The leading case is Weyerhaeuser v. King County, 91 Wn.2d 721 (1979), wherein the court held:
We recognize that logging practices on lands adjacent to a shoreline may be regulated by means of the Master Program... Furthermore, the intended use of adjacent lands should be considered when taking any action under the SMA in order to achieve the coordinated development of the shorelines which is the object of the SMA... Direct authority to regulate uses of lands adjacent to shorelines is limited in the SMA, however, to the function of land use planning. Only those developments within the shorelines are subject to regulation by permits. The Board's determination that logging practices outside the shoreline cannot be regulated by means of substantial development permits for developments within the shoreline accords, then, with the structure and language of the statute.

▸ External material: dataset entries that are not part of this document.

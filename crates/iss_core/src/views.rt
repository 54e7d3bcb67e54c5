//! What a core answers: each by its state, and on the book of the records that it stands for.
ghost use Rattle.std.specs.Prelude.{◌≡◌, List, length, map, IfOk, IsTrue};
ghost use Rattle.std.specs.Option.{option_copied};
ghost use Rattle.std.specs.FinMap as finite;
ghost use Rattle.iss_model.specs.declared.input.Record.{Record};
ghost use Rattle.iss_model.specs.Sums.{account_key};
ghost use Rattle.iss_model.specs.Forms.{is_stamp};
ghost use Rattle.iss_model.specs.rules.Facts.{event_reply, balance_in, held_in, call_in};
ghost use Rattle.iss_model.specs.rules.Asks.{used_in};
ghost use Rattle.iss_model.specs.rules.Histories.{book_facts, time_of};
ghost use Rattle.iss_model.specs.state.Cores.{core_facts};
ghost use Rattle.iss_call.specs.States.{call_state_of};
ghost use Rattle.iss_core.specs.Values.{CoreStandsFor};
ghost use Rattle.iss_core.specs.Views.{pending_notice, asked_calls, asked_openings, booked_keys, opening_in, pending_numbers};

use crate::Core;
use iss_model::{Account, CallId, CallState, Currency, Notice, Opened, Reply, Token, Used};
use std::alloc::{AllocError, Global};

impl Core {
    /// The greatest stamp of a record, or 0.
    pub fn now(&self) -> u64
        ensures value { result ≡ self.now.state.now }
        ensures on_book { (rs : List Record) → CoreStandsFor self.now rs → result ≡ time_of rs }
    {
        self.state.time
    }

    /// How many records were taken up.
    pub fn count(&self) -> u32
        ensures value { result ≡ self.now.state.count }
        ensures on_book { (rs : List Record) → CoreStandsFor self.now rs → result ≡ length rs }
    {
        self.state.count
    }

    /// The instance of the core's device, below 2^48.
    pub fn instance(&self) -> u64
        ensures { result ≡ self.now.instance }
    {
        self.instance
    }

    /// What an account has, in minor units: 0 if no money was moved to it or from it.
    pub fn balance(&self, account: &Account) -> i64
        ensures value { result ≡ balance_in (core_facts self.now.state) account.now }
        ensures on_book { (rs : List Record) → CoreStandsFor self.now rs
            → result ≡ balance_in (book_facts rs) account.now }
    {
        self.state.chain.balance(account)
    }

    /// What all transactions of a user hold in a currency, in minor units.
    pub fn held(&self, user: &Token, currency: Currency) -> i64
        ensures value { result ≡ held_in (core_facts self.now.state) user.now currency }
        ensures on_book { (rs : List Record) → CoreStandsFor self.now rs
            → result ≡ held_in (book_facts rs) user.now currency }
    {
        self.state.chain.held_by(user, currency)
    }

    /// What a control has counted of a user in the window of a stamp, `None` exactly if there is no such control. A
    /// control of single transactions has counted nothing here.
    pub fn used(&self, control: &Token, user: &Token, at: u64) -> Option<Used>
        requires { IsTrue (is_stamp at) }
        ensures value { result ≡ used_in (core_facts self.now.state) control.now user.now at }
        ensures on_book { (rs : List Record) → CoreStandsFor self.now rs
            → result ≡ used_in (book_facts rs) control.now user.now at }
    {
        self.state.controls.used(control, user, at)
    }

    /// The state of a call, `Unknown` exactly if it was never asked.
    pub fn call(&self, call: CallId) -> CallState
        ensures value { result ≡ call_state_of (call_in (core_facts self.now.state) call.0) }
        ensures on_book { (rs : List Record) → CoreStandsFor self.now rs
            → result ≡ call_state_of (call_in (book_facts rs) call.0) }
    {
        self.state.calls.state(call)
    }

    /// A call as it was opened, `None` exactly if it was never asked.
    pub fn opened(&self, call: CallId) -> Option<Opened>
        ensures value { result ≡ opening_in (core_facts self.now.state) call.0 }
        ensures on_book { (rs : List Record) → CoreStandsFor self.now rs
            → result ≡ opening_in (book_facts rs) call.0 }
    {
        self.state.calls.opened(call)
    }

    /// A notice, `None` exactly if there is none of that number or it is acknowledged.
    pub fn notice(&self, number: u32) -> Option<&Notice>
        ensures value { option_copied result ≡ pending_notice (core_facts self.now.state) number }
        ensures on_book { (rs : List Record) → CoreStandsFor self.now rs
            → option_copied result ≡ pending_notice (book_facts rs) number }
    {
        self.state.notices.get(number)
    }

    /// How an event was decided, or that it is pending. `None` if there is no such event.
    pub fn reply(&self, event: &Token) -> Option<Reply>
        ensures value { result ≡ event_reply (core_facts self.now.state) event.now }
        ensures on_book { (rs : List Record) → CoreStandsFor self.now rs
            → result ≡ event_reply (book_facts rs) event.now }
    {
        self.state.events.reply(event)
    }

    /// The calls that are asked, by number.
    pub fn calls(&self, alloc: Global) -> Result<Vec<CallId>, AllocError>
        ensures value { IfOk result (λ v. v.items ≡ asked_calls (core_facts self.now.state)) }
        ensures on_book { (rs : List Record) → CoreStandsFor self.now rs
            → IfOk result (λ v. v.items ≡ asked_calls (book_facts rs)) }
    {
        self.state.calls.asked(alloc)
    }

    /// The numbers of the notices that aren't acknowledged yet, in their order.
    pub fn notices(&self, alloc: Global) -> Result<Vec<u32>, AllocError>
        ensures value { IfOk result (λ v. v.items ≡ pending_numbers (core_facts self.now.state)) }
        ensures on_book { (rs : List Record) → CoreStandsFor self.now rs
            → IfOk result (λ v. v.items ≡ pending_numbers (book_facts rs)) }
    {
        self.state.notices.pending(alloc)
    }

    /// The calls that are asked as they were opened, by number.
    pub fn asked(&self, alloc: Global) -> Result<Vec<Opened>, AllocError>
        ensures value { IfOk result (λ v. v.items ≡ asked_openings (core_facts self.now.state)) }
        ensures on_book { (rs : List Record) → CoreStandsFor self.now rs
            → IfOk result (λ v. v.items ≡ asked_openings (book_facts rs)) }
    {
        self.state.calls.asked_opened(alloc)
    }

    /// The notices that aren't acknowledged yet, in the order of their numbers.
    pub fn pending(&self, alloc: Global) -> Result<Vec<Notice>, AllocError>
        ensures value { IfOk result (λ v. v.items ≡ (core_facts self.now.state).pending) }
        ensures on_book { (rs : List Record) → CoreStandsFor self.now rs
            → IfOk result (λ v. v.items ≡ (book_facts rs).pending) }
    {
        self.state.notices.pending_notices(alloc)
    }

    /// The accounts that money was moved to or from. Each gateway's come first, by the number of its currency, then each
    /// network's and each programme's in the same order. Then come those of users, by the bytes of the user's token and
    /// the number of the currency.
    pub fn accounts(&self, alloc: Global) -> Result<Vec<Account>, AllocError>
        ensures value { IfOk result (λ v. map account_key v.items ≡ finite.keys self.now.state.balances) }
        ensures on_book { (rs : List Record) → CoreStandsFor self.now rs
            → IfOk result (λ v. map account_key v.items ≡ booked_keys rs) }
    {
        self.state.chain.accounts(alloc)
    }
}
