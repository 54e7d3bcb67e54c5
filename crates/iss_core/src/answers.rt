//! The entries of the gateway's answers, and of calls and transactions that end.
ghost use Rattle.std.specs.Prelude.{◌≡◌, ◌+◌, ◌<◌, ◌^◌, true, nat_lt, length, IfSome, IfOk, OnOk, IsTrue};
ghost use Rattle.std.specs.List.{list_all};
ghost use Rattle.iss_model.specs.Forms.{is_stamp};
ghost use Rattle.iss_model.specs.rules.Facts.{call_in, next_notice};
ghost use Rattle.iss_model.specs.rules.CardActs.{answer_acts, counts_as_part, failed_acts, outcome_acts};
ghost use Rattle.iss_model.specs.rules.Due.{expiry_acts};
ghost use Rattle.iss_model.specs.rules.Pieces.{notice_after_abandonment};
ghost use Rattle.iss_core.specs.States.{facts_of, kept_state};
ghost use Rattle.iss_core.specs.Cards.{IsHeld};
ghost use Rattle.iss_core.specs.Order.{IsInOrder};
ghost use Rattle.iss_core.specs.Answers.{asked_with, abandoned_entries, abandonment_entries};
ghost use Rattle.iss_core.specs.Adding.{Adds, AddsActs};

use crate::asks::Ask;
use crate::pieces::{
    put_abandoned, put_declined_ask, put_funded_ask, put_notice_of_some, put_part_funded, put_void,
};
use crate::state::State;
use iss_chain::pieces;
use iss_hold::Hold;
use iss_model::{CallId, Currency, Entry, Failure, How, Method, Opened, Outcome, Reason, Txn};
use std::alloc::{AllocError, Global};

impl State {
    /// The gateway's answer to a call that is asked.
    pub(crate) fn put_answer(
        &self,
        out: &mut Vec<Entry>,
        call: CallId,
        outcome: Outcome,
        at: u64,
    ) -> Result<(), AllocError>
        requires order { IsInOrder (kept_state self.now) }
        requires stamp { IsTrue (is_stamp at) }
        ensures { OnOk result (AddsActs out.old out.new (answer_acts call outcome at (facts_of self.now))) }
    {
        match self.asked(call) {
            None => Ok(()),
            Some((opened, txn)) => self.put_outcome(out, outcome, &opened, &txn, at),
        }
    }

    /// A call that is asked, with its transaction.
    pub(crate) fn asked(&self, call: CallId) -> Option<(Opened, Txn)>
        requires order { IsInOrder (kept_state self.now) }
        ensures known { result ≡ asked_with (call_in (facts_of self.now) call.0) (facts_of self.now) }
        ensures small { IfSome result (λ x. x.0.amount < 2 ^ 62) }
    {
        let call = self.call(call)?;
        if call.how.is_some() {
            return None;
        }
        let hold = self.hold(&call.opened.txn)?;
        Some((call.opened, hold.txn))
    }

    fn put_outcome(
        &self,
        out: &mut Vec<Entry>,
        outcome: Outcome,
        opened: &Opened,
        txn: &Txn,
        at: u64,
    ) -> Result<(), AllocError>
        requires order { IsInOrder (kept_state self.now) }
        requires amount { opened.now.amount < 2 ^ 62 }
        requires stamp { IsTrue (is_stamp at) }
        ensures { OnOk result (AddsActs out.old out.new (outcome_acts outcome (facts_of self.now) opened.now txn.now at)) }
    {
        match outcome {
            Outcome::Funded => {
                out.push(Entry::Closed(opened.call, How::Funded))?;
                put_funded_ask(out, &Ask::of_call(opened, txn))
            }
            Outcome::Refused => {
                out.push(Entry::Closed(opened.call, How::Refused))?;
                put_declined_ask(out, &Ask::of_call(opened, txn), Reason::GatewayDeclined)
            }
            Outcome::Connection => self.put_failed(out, opened, txn, Failure::Connection, at),
            Outcome::Partial(currency, amount) if counts_as_part(opened, currency, amount) => {
                out.push(Entry::Closed(opened.call, How::Partial(amount)))?;
                put_part_funded(out, opened, txn, amount)
            }
            Outcome::Application | Outcome::Partial(..) => {
                self.put_failed(out, opened, txn, Failure::Application, at)
            }
        }
    }

    /// A call fails: it is closed and voided, and the programme stands in or the ask is declined.
    pub(crate) fn put_failed(
        &self,
        out: &mut Vec<Entry>,
        opened: &Opened,
        txn: &Txn,
        failure: Failure,
        at: u64,
    ) -> Result<(), AllocError>
        requires order { IsInOrder (kept_state self.now) }
        requires amount { opened.now.amount < 2 ^ 62 }
        requires stamp { IsTrue (is_stamp at) }
        ensures { OnOk result (AddsActs out.old out.new (failed_acts (facts_of self.now) opened.now txn.now failure at)) }
    {
        let number = self.next_notice();
        out.push(Entry::Closed(opened.call, How::Failed(failure)))?;
        put_void(out, number, txn, opened)?;
        self.put_stand_in(out, number + 1, &Ask::of_call(opened, txn), failure, at)
    }

    /// A live transaction expires: it ends, and the gateway is told what was let go.
    pub(crate) fn put_expiry(
        &self,
        alloc: Global,
        out: &mut Vec<Entry>,
        hold: &Hold,
    ) -> Result<(), AllocError>
        requires order { IsInOrder (kept_state self.now) }
        requires held { IsHeld (kept_state self.now) hold.now }
        ensures { OnOk result (AddsActs out.old out.new (expiry_acts (facts_of self.now) hold.now.txn)) }
    {
        let txn = &hold.txn;
        let number = self.put_abandonment(alloc, out, self.next_notice(), txn, &Reason::Expired)?;
        pieces::end(out, hold)?;
        put_notice_of_some(out, number, Method::Expiry, txn, hold.whole(), hold.g)
    }

    /// The asked calls of a transaction are abandoned, with notices from this number on. Returns the number of the next notice.
    pub(crate) fn put_abandonment(
        &self,
        alloc: Global,
        out: &mut Vec<Entry>,
        number: u32,
        txn: &Txn,
        why: &Reason,
    ) -> Result<u32, AllocError>
        requires order { IsInOrder (kept_state self.now) }
        requires next { number ≡ next_notice (facts_of self.now) }
        ensures entries { OnOk result (Adds out.old out.new (abandonment_entries number (facts_of self.now) txn.now why.now)) }
        ensures next { IfOk result (λ n. n ≡ notice_after_abandonment number (facts_of self.now) txn.now) }
    {
        let asked = self.calls.asked_of(alloc, &txn.token)?;
        abandon(out, number, txn, why, &asked)
    }
}

/// Whether a part of a call's amount counts: if the call permits one, and it is in its currency and less than all. Any
/// other part is no answer.
fn counts_as_part(opened: &Opened, currency: Currency, amount: u64) -> bool
    ensures { result ≡ counts_as_part opened.now currency amount }
{
    opened.partial && currency == opened.currency && amount < opened.amount
}

/// Calls are abandoned one by one, with notices from this number on. Returns the number of the next notice.
fn abandon(
    out: &mut Vec<Entry>,
    number: u32,
    txn: &Txn,
    why: &Reason,
    asked: &[Opened],
) -> Result<u32, AllocError>
    requires room { number + length asked.now < 2 ^ 32 }
    requires amounts { list_all (λ o. nat_lt o.amount (2 ^ 62)) asked.now ≡ true }
    ensures entries { OnOk result (Adds out.old out.new (abandoned_entries number txn.now why.now asked.now)) }
    ensures next { IfOk result (λ n. n ≡ number + length asked.now) }
{
    let mut next = number;
    for opened in asked {
        put_abandoned(out, next, txn, why, opened)?;
        next += 1;
    }
    Ok(next)
}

So, practices outside the shoreline may be subject to limited regulation, but not by means of the permit. Of course, subsequent Shoreline Hearings Board decisions have raised all sorts of issues affecting how this rule is to be applied in the context of a particular development. Few developments bisected by the shoreline border will be susceptible to a simple analysis and anyone undertaking development on such a property would be well advised to undertake a careful review of the legal precedent as it may apply in their particular context.